# hymer headlights



## smiler (May 23, 2005)

Is anyone able to confirm if the side light on a 2003 Hymer B544 are from BMW or VW Golf, Where can i get one, and is a cracked lens a MOT failure. Thanks Smiler


----------



## clive1821 (Mar 27, 2010)

If all fails brownhills would help but wate for someone to reply to you who will know better


----------



## smiler (May 23, 2005)

Bumping my own post


----------



## peejay (May 10, 2005)

Sorry Smiler, I don't know the answer but your title refers to Hymer headlights :? 

Might be worth changing that for clarity.

Pete


----------



## JeanLuc (Jan 13, 2007)

Not sure I understand what you mean by a side light. If you mean parking light, this is a low power bulb that is integral with the headlight unit. The headlights are manufactured by Hella. You should be able to read the model number on the lens and ask a motor factor if they can get one for you.

Alternatively, do you mean the amber marker lights that are down the side of the vehicle?

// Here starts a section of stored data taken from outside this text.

//! A block of rows of bytes.

ghost use Rattle.std.specs.Prelude.{◌≡◌, ◌+◌, ◌*◌, ◌<◌, ◌≤◌, ◌^◌, ◌↔◌, [], All, IsTrue, length, IfOk, replicate, slice_set, slice_index_or};
ghost use Rattle.bt_mapkind.specs.Atomic.{overwritten, part_of, size_in_bytes, bytes_after};
ghost use Rattle.map_block.specs.Rows.{row_of};

use bt_mapkind::{AtomicOp, AtomicSize, Bytes};
use std::alloc::{AllocError, Global};
use std::marker::Model;

/// So many rows of equally many bytes, in one allocation that never grows. Contracts see the list of the rows.
#[derive(Drop)]
pub struct Block {
    count: usize,
    size: usize,
    bytes: Vec<u8>,
    // Whether any row was written since all were zero.
    is_written: bool,
}

impl Model for Block {
    ghost use Rattle.std.specs.Prelude.{List, ℕ, ◌≡◌, ◌*◌, All, false, length};
    ghost use Rattle.map_block.specs.Rows.{rows};

    ghost Value = { List (List ℕ) };

    ghost view = { λ b. rows b.size b.count b.bytes.items };

    ghost invariant = { λ b. (length b.bytes.items ≡ b.count * b.size) × (b.is_written ≡ false → All (λ byte. byte ≡ 0) b.bytes.items) };
}

impl Block {
    /// `count` rows of `size` zero bytes.
    pub fn zeros(alloc: Global, count: usize, size: usize) -> Result<Block, AllocError>
        requires { count * size < 2 ^ 63 }
        ensures { IfOk result (λ b. b ≡ replicate count (replicate size 0)) }
    {
        let bytes = zero_bytes(alloc, count * size)?;
        Ok(Block {
            count,
            size,
            bytes,
            is_written: false,
        })
    }

    /// How many rows there are.
    pub fn len(&self) -> usize
        ensures { result ≡ length self.now }
    {
        self.count
    }

    /// The row at `index`.
    pub fn row(&self, index: usize) -> &[u8]
        requires { index < length self.now }
        ensures { result.now ≡ slice_index_or self.now index [] }
    {
        row_at(&self.bytes, self.size, index)
    }

    /// Whether every byte of every row is zero.
    pub fn is_zero(&self) -> bool
        ensures { IsTrue result ↔ All (All (λ byte. byte ≡ 0)) self.now }
    {
        if !self.is_written {
            return true;
        }
        for index in 0..self.len() {
            if !are_zero(self.row(index)) {
                return false;
            }
        }
        true
    }

    /// A copy of the row at `index`.
    pub fn copy_of(&self, index: usize) -> Bytes
        requires there { index < length self.now }
        requires small { length (slice_index_or self.now index []) ≤ 260 }
        ensures { result ≡ slice_index_or self.now index [] }
    {
        Bytes::short(*self.bytes.allocator(), self.row(index))
    }

    /// Puts other bytes into the row at `index`, from `offset` on.
    pub fn write(&mut self, index: usize, offset: usize, other: &[u8])
        requires there { index < length self.old }
        requires within { offset + length other.now ≤ length (slice_index_or self.old index []) }
        ensures { self.new ≡ slice_set self.old index (overwritten (slice_index_or self.old index []) offset other.now) }
    {
        self.is_written = true;
        write_at(&mut self.bytes, index * self.size + offset, other);
    }

    /// Puts another row, as long as the one that stood there, at `index`.
    pub fn replace(&mut self, index: usize, other: &[u8])
        requires there { index < length self.old }
        requires same_size { length other.now ≡ length (slice_index_or self.old index []) }
        ensures { self.new ≡ slice_set self.old index other.now }
    {
        self.write(index, 0, other);
    }

    /// Does an atomic instruction on the row at `index`, from `offset` on.
    pub fn combine(
        &mut self,
        index: usize,
        offset: usize,
        op: AtomicOp,
        size: AtomicSize,
        operand: u64,
    )
        requires there { index < length self.old }
        requires within { offset + size_in_bytes size ≤ length (slice_index_or self.old index []) }
        ensures { self.new ≡ slice_set self.old index (overwritten (slice_index_or self.old index []) offset (bytes_after op size operand (part_of (slice_index_or self.old index []) offset (size_in_bytes size)))) }
    {
        self.is_written = true;
        combine_at(
            &mut self.bytes,
            index * self.size + offset,
            op,
            size,
            operand,
        );
    }

    /// Puts these bytes into the row at `index`, and what stood there into them. They are as many as the row's.
    pub fn exchange(&mut self, index: usize, other: &mut Bytes)
        requires there { index < length self.old }
        requires same_size { length other.old ≡ length (slice_index_or self.old index []) }
        ensures here { self.new ≡ slice_set self.old index other.old }
        ensures left { other.new ≡ slice_index_or self.old index [] }
    {
        self.is_written = true;
        exchange_at(&mut self.bytes, index * self.size, other);
    }
}

// Whether each byte is zero.
fn are_zero(bytes: &[u8]) -> bool
    ensures { IsTrue result ↔ All (λ byte. byte ≡ 0) bytes.now }
{
    bytes.iter().all(|byte| *byte == 0)
}

// So many zero bytes.
fn zero_bytes(alloc: Global, count: usize) -> Result<Vec<u8>, AllocError>
    ensures { IfOk result (λ v. v.items ≡ replicate count 0) }
{
    vec![in alloc; 0u8; count]
}

// The row at an index among bytes.
fn row_at(bytes: &[u8], size: usize, index: usize) -> &[u8]
    requires { index * size + size ≤ length bytes.now }
    ensures { result.now ≡ row_of size bytes.now index }
{
    let start = index * size;
    &bytes[start..start + size]
}

// Puts other bytes in place from `start` on.
fn write_at(bytes: &mut [u8], start: usize, other: &[u8])
    requires { start + length other.now ≤ length bytes.old }
    ensures { bytes.new ≡ overwritten bytes.old start other.now }
{
    let end = start + other.len();
    bytes[start..end].copy_from_slice(other);
}

// Puts other bytes in place from `start` on, and what stood there into them.
fn exchange_at(bytes: &mut [u8], start: usize, other: &mut Bytes)
    requires { start + length other.old ≤ length bytes.old }
    ensures here { bytes.new ≡ overwritten bytes.old start other.old }
    ensures left { other.new ≡ part_of bytes.old start (length other.old) }
{
    let end = start + other.len();
    other.exchange(&mut bytes[start..end]);
}

// Does an atomic instruction on the bytes from `start` on.
fn combine_at(bytes: &mut [u8], start: usize, op: AtomicOp, size: AtomicSize, operand: u64)
    requires { start + size_in_bytes size ≤ length bytes.old }
    ensures { bytes.new ≡ overwritten bytes.old start (bytes_after op size operand (part_of bytes.old start (size_in_bytes size))) }
{
    let end = start + size.in_bytes();
    op.apply(size, operand, &mut bytes[start..end]);
}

If so, I would think they are a pretty standard item. Again, try a motor factor.

Final thought; do you mean the high level running light at the top of the cab unit that shows white to the front and red to the rear? Again, I think they are a Hella unit.

Philip


----------



## clive1821 (Mar 27, 2010)

Hi Philip, I might of missunderstood but I took it as the lenz assy of the van and not the lamps....


----------



## blackbirdbiker (Mar 12, 2007)

Yes it is an Mot failure. Go to Hella site for replacement.

Keith


----------